Lazarus, as a revenant, is often used by the religious romance-writers of the middle ages as a vehicle for their conceptions of the lower world.-- R. C. Trench, Notes on the Miracles of Our Lord


He pale, immobile like a revenant himself, looked sometimes out of the window, sometimes closed his eyes.-- D. H. Lawrence, Women in Love


The folklore of the Irish countryside too, with its hauntings, revenants and changelings... was an integral part of everyday awareness, even in the middle-class world of Yeats's childhood.-- Terence Brown, The Life of W. B. Yeats


Revenant is from French revenir, "to return," which is also the source of the word revenue, "that which returns from an investment."
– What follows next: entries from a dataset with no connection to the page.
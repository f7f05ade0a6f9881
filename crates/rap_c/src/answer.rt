//! What a call returns.
ghost use Rattle.std.specs.Prelude.{◌≡◌, MatchResult};
ghost use Rattle.rap_c.specs.Answer.{number_of, refusal};

/// Why a call fails.
#[derive(Clone, Copy, Debug, PartialEq, Eq)]
pub enum Fault {
    /// The number is no edition's year.
    NoEdition,
    /// The number is no entry's.
    NoEntry,
    /// The bytes are no UTF-8.
    NotUtf8,
    /// The text has more bytes than the lexer takes.
    TextTooLong,
    /// The text has more tokens than the parser takes.
    TooManyTokens,
    /// Out of memory: the allocator refused a request.
    NoMemory,
    /// A node of this kind, with this first child and in this parent, is not parsed again alone.
    NoNode,
    /// The node must begin with a `{`, and the text or the records do not.
    NoBrace,
    /// A record is no token's.
    NoRecord,
    /// The steps that were given are not those of one tree over the text.
    NoSteps,
}

impl Fault {
    /// The fault's status.
    pub fn number(self) -> u32
        ensures { result ≡ number_of self }
    {
        match self {
            Fault::NoEdition => 2,
            Fault::NoEntry => 3,
            Fault::NotUtf8 => 4,
            Fault::TextTooLong => 5,
            Fault::TooManyTokens => 6,
            Fault::NoMemory => 7,
            Fault::NoNode => 8,
            Fault::NoBrace => 9,
            Fault::NoRecord => 10,
            Fault::NoSteps => 11,
        }
    }
}

/// The steps are those of one tree, or of a text's tokens.
pub const OK: u32 = 0;

/// The steps make no tree.
pub const NO_TREE: u32 = 1;

/// The text is no script source.
pub const NO_SCRIPT: u32 = 12;

/// What a call returns: its status, how many steps and how many bytes of messages there are, and how many bytes of the
/// text they are about.
///
/// Where the status is a fault's, the other numbers are 0.
#[repr(C)]
#[derive(Clone, Copy, Debug, PartialEq, Eq)]
pub struct RapAnswer {
    pub status: u32,
    pub steps: usize,
    pub message_bytes: usize,
    pub used: usize,
}

/// The result of a call that may have met a fault.
pub fn settle(outcome: Result<RapAnswer, Fault>) -> RapAnswer
    ensures { MatchResult outcome (λ answer. result ≡ answer) (λ fault. result ≡ refusal fault) }
{
    match outcome {
        Ok(answer) => answer,
        Err(fault) => RapAnswer {
            status: fault.number(),
            steps: 0,
            message_bytes: 0,
            used: 0,
        },
    }
}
Friday, September 16, 2011



Word of the Day for Friday, September 16, 2011


punctilious \puhnk-TIL-ee-uhs\, adjective:


Strictly attentive to the details of form in action or conduct; precise; exact in the smallest particulars.


The B.O., in his nonstop reelection bid, would have the American voters believe that he is punctilious in the details of his jobs program; instead, he has no program, just a lot of mindless hot air spewing out to his never to be believed mouth!

Spy Maker, JSA's Blog


The convert who is more punctilious in his new faith than the lifelong communicant is a familiar figure in Catholic lore.-- Patrick Allit, Catholic Converts


Nicholas showed us his butterfly collection. He had done a splendid job of spreading them (better than I ever have, let alone at his age). I tried to impress upon him the need for punctilious labeling, a tedious business that raises a butterfly from a mere curio to a specimen of scientific value.-- Robert Michael Pyle, Chasing Monarchs


Cooper had always been very punctilious about observing the rules laiddown in the . . . brochure.-- Josef Skvorecky, Two Murders in My Double Life


Punctilious derives from Late Latin punctillum, "a little point," from Latin punctum, "a point," from pungere, "to prick."

Friday, September 2, 2011



Word of the Day for Friday, September 2, 2011


darkle \DAHR-kuhl\, verb:


1. To grow dark, gloomy, etc.

2. To appear dark; show indistinctly.


Subsequent to the darkle jobs report of zero growth, the B.O. skulked out of town in observance of - are you ready for it - the Labor Day weekend!

--Spy Maker, JSA's Blog


Beyond the open trunk, the desert seemed to darkle, brighten, darkle rhythmically, but in fact the acuity of his vision sharpened briefly with each systolic thrust of his pounding heart.-- Dean Koontz, The Husband


And the fire-flies wink and darkle, Crowded swarms that soar and sparkle, And in wildering escort gather!-- Johann Wolfgang von Goethe, Faust: a tragedy


Darkle is a back-formation from the obsolete darkling, "to be in the dark."